## EXERCISE INSTRUCTIONS
The lines wanted are those in the data below that include "entries".
[[ DATA FOR THE TASK, beginning ]]
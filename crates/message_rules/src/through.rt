//! What goes through a bypass: messages under its label, and how they name the LSP (RFC 4090, 3.2 and 6.4.3).

ghost use Rattle.std.specs.Prelude.{◌≡◌, true};
ghost use Rattle.forwarding_table.specs.Labels.{is_label};
ghost use Rattle.abstract_router.specs.Through.{head_through, hop_through, labelled_by, stack_under};

use arrayvec::ArrayVec;
use explicit_routes::{Frame, Output};
use forwarding_table::IMPLICIT_NULL;
use label_stacks::{Stack, StackEntry};
use link_frames::Payload;
use lsr_facts::{Link, Over, Repair, Router};
use rsvp_contents::Message;
use rsvp_objects::{Hop, Template};

/// The TTL of a message that this router sends under a label (RFC 3032, 2.4.1).
const MESSAGE_TTL: u8 = 255;

/// The stack of a message through a bypass, by the label that its next hop gave: one entry, and none where that is
/// implicit null (RFC 3032, 2.1). It asks for a number that may stand for a label.
#[tactic(auto, using(crate::proofs::Stacks::none_is_stack, crate::proofs::Stacks::one_is_stack))]
pub fn stack_under(label: u32) -> Stack
    requires { is_label label ≡ true }
    ensures { result ≡ stack_under label }
{
    let mut entries = ArrayVec::new();
    if label == IMPLICIT_NULL {
        return Stack::new(entries);
    }
    entries.push(StackEntry {
        label,
        class: 0,
        ttl: MESSAGE_TTL,
    });
    Stack::new(entries)
}

/// A message through a bypass that runs over this. It asks for a number that may stand for a label.
pub fn labelled_by(over: Over, message: Message) -> Output
    requires { is_label over.label ≡ true }
    ensures { result ≡ labelled_by over message }
{
    Output {
        link: over.link,
        frame: Frame::Labelled(stack_under(over.label), Payload::Message(message)),
    }
}

/// This router as the bypass's end sees it: its id, and the link that is protected as the interface (RFC 4090, 6.4.3).
pub fn hop_through(router: &Router, repair: &Repair) -> Hop
    ensures { result ≡ hop_through router.now repair.now }
{
    Hop {
        address: router.id,
        interface: u32::from(repair.resv.link),
    }
}

/// The head and the LSP ID as the bypass's end sees them: the sender is this router's address on the link that is
/// protected (RFC 4090, 6.4.3).
pub fn head_through(sender: Template, link: &Link) -> Template
    ensures { result ≡ head_through sender link.now }
{
    Template {
        sender: link.address,
        ..sender
    }
}
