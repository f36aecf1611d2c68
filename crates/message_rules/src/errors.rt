//! An error of a reservation, as it is told.

ghost use Rattle.std.specs.Prelude.{◌≡◌};
ghost use Rattle.abstract_router.specs.Outcomes.{reservation_error};
ghost use Rattle.abstract_router.specs.Reserving.{traffic_error};

use crate::messages::found_here;
use lsr_facts::{Router, RsvpError};
use rsvp_bodies::TrafficFault;
use rsvp_objects::ErrorSpec;

/// The flag of an error that the LSP is reserved still (RFC 2205, A.5).
const IN_PLACE: u8 = 0x01;

/// The error of a FLOWSPEC that has no rate.
pub fn traffic_error(fault: TrafficFault) -> RsvpError
    ensures { result ≡ traffic_error fault }
{
    match fault {
        TrafficFault::ServiceUnsupported => RsvpError::UNSUPPORTED_SERVICE,
        TrafficFault::BadFlowspec => RsvpError::BAD_FLOWSPEC,
        TrafficFault::BadTspec => RsvpError::BAD_FLOWSPEC,
    }
}

/// An error that this router found, of an LSP that is reserved still, or isn't (RFC 2205, A.5).
pub fn reservation_error(router: &Router, is_reserved: bool, error: RsvpError) -> ErrorSpec
    ensures { result ≡ reservation_error router.now is_reserved error }
{
    ErrorSpec {
        flags: if is_reserved { IN_PLACE } else { 0 },
        ..found_here(router, error)
    }
}
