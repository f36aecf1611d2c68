//! The errors of paths, and whom they are told upstream (RFC 2205, 3.1.7).

ghost use Rattle.std.specs.Prelude.{◌≡◌, IfOk};
ghost use Rattle.explicit_routes.specs.Below.paths.MessageLaws.{LeavesRoom};
ghost use Rattle.explicit_routes.specs.Below.paths.Outcomes.{path_err, told_to, told_upstream};
ghost use Rattle.explicit_routes.specs.Below.paths.Places.{place_at};

use crate::messages::sent_back;
use abstract_paths::{Output, Outputs};
use lsr_facts::{Key, Node, Origin, PathFact};
use rsvp_bodies::Tspec;
use rsvp_contents::{Content, Message, PathErr};
use rsvp_objects::{ErrorSpec, Session, Template};
use std::alloc::{AllocError, Global};
use std::net::Ipv4Addr;

/// A PathErr. It asks for a Tspec, if any, that leaves room for the rest of the message. The only error is out of memory.
pub fn path_err(
    alloc: Global,
    session: Session,
    sender: Template,
    tspec: Option<Tspec>,
    error: ErrorSpec,
) -> Result<Message, AllocError>
    requires { LeavesRoom tspec }
    ensures { IfOk result (λ message. message ≡ path_err session sender tspec error) }
{
    let content = Content::PathErr(PathErr {
        session,
        error,
        sender,
        tspec,
    });
    Ok(Message::checked(Box::new(alloc, content)?).unwrap())
}

/// An error of a path, told to one of its origins, under the sender that the origin's Paths name; nothing where no way
/// leads there.
fn told_to(
    alloc: Global,
    node: &Node,
    key: &Key,
    tspec: &Option<Tspec>,
    error: ErrorSpec,
    origin: &(Ipv4Addr, Origin),
) -> Result<Option<Output>, AllocError>
    requires { LeavesRoom tspec.now }
    ensures { IfOk result (λ told. told ≡ told_to (place_at node.now) key.now tspec.now error origin.now) }
{
    let sender = Template {
        sender: origin.0,
        lsp: key.sender.lsp,
    };
    let message = path_err(alloc, key.session, sender, tspec.clone()?, error)?;
    Ok(sent_back(node, origin.1.via, origin.1.hop.address, message))
}

/// An error of a path, told to each of its origins (RFC 2205, 3.1.7): to a neighbour over its link, to the head of a
/// bypass by the way that leads there, if one does. It asks for a Tspec, if any, that leaves room for
/// the rest of the message. The only error is out of memory.
pub fn told_upstream(
    alloc: Global,
    node: &Node,
    key: &Key,
    fact: &PathFact,
    tspec: &Option<Tspec>,
    error: ErrorSpec,
) -> Result<Outputs, AllocError>
    requires { LeavesRoom tspec.now }
    ensures { IfOk result (λ told. told ≡ told_upstream (place_at node.now) key.now fact.now tspec.now error) }
{
    let mut told = Outputs::new(alloc);
    for origin in fact.origins.as_slice() {
        if let Some(output) = told_to(alloc, node, key, tspec, error, origin)? {
            told.push(output)?;
        }
    }
    Ok(told)
}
[[ DATA FOR THE TASK, end ]]
## EXERCISE SOLUTION
    let mut entries = ArrayVec::new();
        return Stack::new(entries);
    entries.push(StackEntry {
    Stack::new(entries)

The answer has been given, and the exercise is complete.